» **WORK TASK**:
Copy out, unchanged, every line from the start of the records to the line that contains "use crate::part::has_contract;", and stop there.

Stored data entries
----------------

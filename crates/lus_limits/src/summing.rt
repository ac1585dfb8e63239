//! What callers need of a declaration, by its own text and the same of its callees.

ghost use Rattle.std.specs.Prelude.{◌≡◌, ◌+◌, IfOk, length, map};
ghost use Rattle.lus_tree.specs.View.{contract_item_view, expr_view, exprs_view, item_view, joined};
ghost use Rattle.lus_meaning.specs.Scene.{ghosts, variables};
ghost use Rattle.lus_limits.specs.Counts.{property_count, body_count, contract_counts, cut_counts, none_counted, one_assumption, one_guarantee, one_mode, statement_counts, with_counts};
ghost use Rattle.lus_streams.specs.Owner.{owner_view};
ghost use Rattle.lus_limits.specs.Parts.{sides, sides_view};
ghost use Rattle.lus_limits.specs.Summaries.{bound, counts_view, cut, link_counts, links_owed, links_width, own_count, owed_of, sofar_count, state_count, states_among, states_in, summary_by};

use crate::calls::Way;
use crate::part::has_contract;
use crate::texts::sides_of;
use lus_streams::owner::Owner;
use lus_tree::{ContractItem, Expr, Form, Item};
use std::alloc::{AllocError, Global};

/// One past the greatest limit of a count. Greater counts are cut there.
const BOUND: usize = 20_001;

/// How many assumptions, guarantees, ensures and modes a contract has, those of its imports too,
/// each cut.
#[derive(Clone, Copy)]
pub struct ItemCounts {
    pub assumes: usize,
    pub guarantees: usize,
    pub ensured: usize,
    pub modes: usize,
}

/// What callers need of a declaration: how many variables its frame has where it runs as an import,
/// whether it has a contract, what this counts, and how many properties the declaration has. Each
/// number is cut.
#[derive(Clone, Copy)]
pub struct Summary {
    pub frame: usize,
    pub contract: bool,
    pub counts: ItemCounts,
    pub properties: usize,
}

/// A call or an import: how it runs, how many outputs are held, and its callee.
#[derive(Clone, Copy)]
pub struct Link {
    pub way: Way,
    pub held: usize,
    pub callee: Summary,
}

/// A number, cut.
pub(crate) fn cut(number: usize) -> usize
    ensures { result ≡ cut number }
{
    if number < BOUND { number } else { BOUND }
}

/// A sum, cut.
pub(crate) fn sum(left: usize, right: usize) -> usize
    ensures { result ≡ cut (left + right) }
{
    if left < BOUND && right < BOUND - left {
        left + right
    } else {
        BOUND
    }
}

/// How many occurrences of `pre` and `->` an expression has.
#[cycle(states)]
#[tactic(auto, using(lus_tree::proofs::Views::form_views, crate::proofs::Cutting::cut_sums))]
fn state_count(e: &Expr) -> usize
    ensures { result ≡ cut (state_count (expr_view e.now)) }
{
    match &e.form {
        Form::Not(a) | Form::Minus(a) | Form::When(a, _, _) => state_count(a),
        Form::Pre(_, a) => sum(1, state_count(a)),
        Form::Arrow(_, a, b) => sum(1, sum(state_count(a), state_count(b))),
        Form::Binary(_, a, b) | Form::Merge(_, a, b) => sum(state_count(a), state_count(b)),
        Form::If(a, b, c) => sum(state_count(a), sum(state_count(b), state_count(c))),
        Form::Call(_, _, arguments) => states_among(arguments),
        Form::Condact(_, a, _, arguments, defaults) => sum(
            state_count(a),
            sum(states_among(arguments), states_among(defaults)),
        ),
        Form::Truth(_) | Form::Number(_) | Form::Name(_) | Form::ModeName(_, _) => 0,
    }
}

/// How many these have.
#[cycle(states)]
#[tactic(auto, using(crate::proofs::Cutting::cut_on, crate::proofs::Cutting::cut_once, crate::proofs::Cutting::cut_end))]
fn states_among(values: &[Expr]) -> usize
    ensures { result ≡ cut (states_among (joined (exprs_view values.now))) }
{
    let mut count = 0;
    for value in values {
        count = sum(count, state_count(value));
    }
    count
}

/// How many the expressions of a declaration have.
#[tactic(auto, using(crate::proofs::Cutting::cut_on, crate::proofs::Cutting::cut_once, crate::proofs::Cutting::cut_end))]
pub(crate) fn states_in(sides: &[&Expr]) -> usize
    ensures { result ≡ cut (states_in (sides_view sides.now)) }
{
    let mut count = 0;
    for side in sides {
        count = sum(count, state_count(*side));
    }
    count
}

/// One more where a frame keeps whether its assumptions were true.
pub(crate) fn sofar_count(way: Way, contract: bool) -> usize
    ensures { result ≡ sofar_count way contract }
{
    match way {
        Way::Import => 0,
        Way::Plain | Way::Condition => { if contract { 1 } else { 0 } }
    }
}

/// How many variables a call takes: those that its caller holds, and those of its frame.
#[tactic(auto, using(crate::proofs::Cutting::cut_on))]
fn link_width(link: &Link) -> usize
    ensures { result ≡ cut (link.now.held + (link.now.callee.frame
        + sofar_count link.now.way link.now.callee.contract)) }
{
    sum(
        link.held,
        sum(
            link.callee.frame,
            sofar_count(link.way, link.callee.contract),
        ),
    )
}

/// How many variables calls take.
#[tactic(auto, using(crate::proofs::Cutting::cut_on, crate::proofs::Cutting::cut_once, crate::proofs::Cutting::cut_end))]
pub(crate) fn links_width(links: &[Link]) -> usize
    ensures { result ≡ cut (links_width links.now) }
{
    let mut width = 0;
    for link in links {
        width = sum(width, link_width(link));
    }
    width
}

/// How many assumptions are owed for a call.
fn owed_of(link: &Link) -> usize
    ensures { result ≡ owed_of link.now.way link.now.callee.counts.assumes }
{
    match link.way {
        Way::Import => 0,
        Way::Plain | Way::Condition => link.callee.counts.assumes,
    }
}

/// How many assumptions are owed for calls.
#[tactic(auto, using(crate::proofs::Cutting::cut_on, crate::proofs::Cutting::cut_once, crate::proofs::Cutting::cut_end))]
pub(crate) fn links_owed(links: &[Link]) -> usize
    ensures { result ≡ cut (links_owed links.now) }
{
    let mut owed = 0;
    for link in links {
        owed = sum(owed, owed_of(link));
    }
    owed
}

/// How many properties stand in a body.
#[tactic(auto, using(crate::proofs::Cutting::cut_on, crate::proofs::Cutting::cut_once, crate::proofs::Cutting::cut_end))]
pub(crate) fn body_count(items: &[Item]) -> usize
    ensures { result ≡ cut (body_count (map item_view items.now)) }
{
    let mut count = 0;
    for item in items {
        if let Item::Property(_) = item {
            count = sum(count, 1);
        }
    }
    count
}

/// Both counts together.
fn with_counts(left: ItemCounts, right: ItemCounts) -> ItemCounts
    ensures { counts_view result ≡ cut_counts bound (with_counts (counts_view left) (counts_view right)) }
{
    ItemCounts {
        assumes: sum(left.assumes, right.assumes),
        guarantees: sum(left.guarantees, right.guarantees),
        ensured: sum(left.ensured, right.ensured),
        modes: sum(left.modes, right.modes),
    }
}

/// No items.
fn none_counted() -> ItemCounts
    ensures { counts_view result ≡ none_counted }
{
    ItemCounts {
        assumes: 0,
        guarantees: 0,
        ensured: 0,
        modes: 0,
    }
}

/// One assumption.
fn one_assumption() -> ItemCounts
    ensures { counts_view result ≡ one_assumption }
{
    ItemCounts {
        assumes: 1,
        guarantees: 0,
        ensured: 0,
        modes: 0,
    }
}

/// One guarantee.
fn one_guarantee() -> ItemCounts
    ensures { counts_view result ≡ one_guarantee }
{
    ItemCounts {
        assumes: 0,
        guarantees: 1,
        ensured: 0,
        modes: 0,
    }
}

/// A mode with so many ensures.
fn one_mode(ensured: usize) -> ItemCounts
    ensures { counts_view result ≡ one_mode ensured }
{
    ItemCounts {
        assumes: 0,
        guarantees: 0,
        ensured,
        modes: 1,
    }
}

/// The counts of the import with that number, counted from 1.
fn link_counts(links: &[Link], number: u32) -> ItemCounts
    ensures { counts_view result ≡ link_counts links.now number }
{
    let place = (number as usize).saturating_sub(1);
    if place < links.len() {
        links[place].callee.counts
    } else {
        none_counted()
    }
}

/// The counts of an item of a contract.
fn statement_counts(item: &ContractItem, links: &[Link]) -> ItemCounts
    ensures { counts_view result ≡ statement_counts (link_counts links.now) (contract_item_view item.now) }
{
    match item {
        ContractItem::Assume(_) => one_assumption(),
        ContractItem::Guarantee(_) => one_guarantee(),
        ContractItem::Mode(_, _, ensured) => one_mode(ensured.len()),
        ContractItem::Import(number, _, _, _) => link_counts(links, *number),
        ContractItem::Ghost(_, _) | ContractItem::Constant(_) => none_counted(),
    }
}

/// The counts of a contract.
pub(crate) fn contract_counts(items: &[ContractItem], links: &[Link]) -> ItemCounts
    ensures { counts_view result
        ≡ cut_counts bound (contract_counts (link_counts links.now) (map contract_item_view items.now)) }
{
    let mut counts = none_counted();
    for item in items {
        counts = with_counts(counts, statement_counts(item, links));
    }
    counts
}

/// How many ghost variables a contract has.
#[tactic(auto, using(crate::proofs::Cutting::cut_on, crate::proofs::Cutting::cut_once, crate::proofs::Cutting::cut_end))]
fn ghost_count(items: &[ContractItem]) -> usize
    ensures { result ≡ cut (length (ghosts (map contract_item_view items.now))) }
{
    let mut count = 0;
    for item in items {
        if let ContractItem::Ghost(_, _) = item {
            count = sum(count, 1);
        }
    }
    count
}

/// How many streams a declaration has.
#[tactic(auto, using(crate::proofs::Cutting::names_counted))]
fn name_count(part: Owner<'_>) -> usize
    ensures { result ≡ cut (length (variables (owner_view part.entry))) }
{
    let ghosts = ghost_count(part.contract());
    let inner = sum(part.locals().len(), ghosts);
    sum(part.inputs().len(), sum(part.outputs().len(), inner))
}

/// How many cells a declaration's frame has of its own where it runs as an import.
#[tactic(auto, using(crate::proofs::Cutting::own_cut))]
pub(crate) fn own_count(part: Owner<'_>, texts: &[&Expr]) -> usize
    requires { sides_view texts.now ≡ sides (owner_view part) }
    ensures { result ≡ cut (own_count (owner_view part.entry)) }
{
    sum(1, sum(name_count(part), states_in(texts)))
}

/// How many properties a declaration has, by what its contract counts and what it owes.
#[tactic(auto, using(crate::proofs::Cutting::properties_cut))]
fn property_count(items: &[Item], counts: ItemCounts, owed: usize) -> usize
    ensures { result ≡ cut (property_count (map item_view items.now) (counts_view counts) owed) }
{
    let active = if counts.modes == 0 { 0 } else { 1 };
    let contract = sum(counts.ensured, sum(active, owed));
    sum(body_count(items), sum(counts.guarantees, contract))
}

/// What callers need of a declaration, by its own text and what is needed of its callees: `links`
/// has its calls and imports by number.
///
/// # Errors
///
/// Want of memory.
#[tactic(auto, using(crate::proofs::Cutting::summary_cut))]
pub fn summed(alloc: Global, part: Owner<'_>, links: &[Link]) -> Result<Summary, AllocError>
    ensures { IfOk result (λ s. s ≡ summary_by (owner_view part.entry) links.now) }
{
    let texts = sides_of(alloc, part)?;
    let counts = contract_counts(part.contract(), links);
    Ok(Summary {
        frame: sum(own_count(part, &texts), links_width(links)),
        contract: has_contract(part),
        counts,
        properties: property_count(part.body(), counts, links_owed(links)),
    })
}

----------------

» **RESULT OF THE TASK**:
filename crates/lus_limits/src/summing.rt
repository ac1585dfb8e63239
//! What callers need of a declaration, by its own text and the same of its callees.

ghost use Rattle.std.specs.Prelude.{◌≡◌, ◌+◌, IfOk, length, map};
ghost use Rattle.lus_tree.specs.View.{contract_item_view, expr_view, exprs_view, item_view, joined};
ghost use Rattle.lus_meaning.specs.Scene.{ghosts, variables};
ghost use Rattle.lus_limits.specs.Counts.{property_count, body_count, contract_counts, cut_counts, none_counted, one_assumption, one_guarantee, one_mode, statement_counts, with_counts};
ghost use Rattle.lus_streams.specs.Owner.{owner_view};
ghost use Rattle.lus_limits.specs.Parts.{sides, sides_view};
ghost use Rattle.lus_limits.specs.Summaries.{bound, counts_view, cut, link_counts, links_owed, links_width, own_count, owed_of, sofar_count, state_count, states_among, states_in, summary_by};

use crate::calls::Way;
use crate::part::has_contract;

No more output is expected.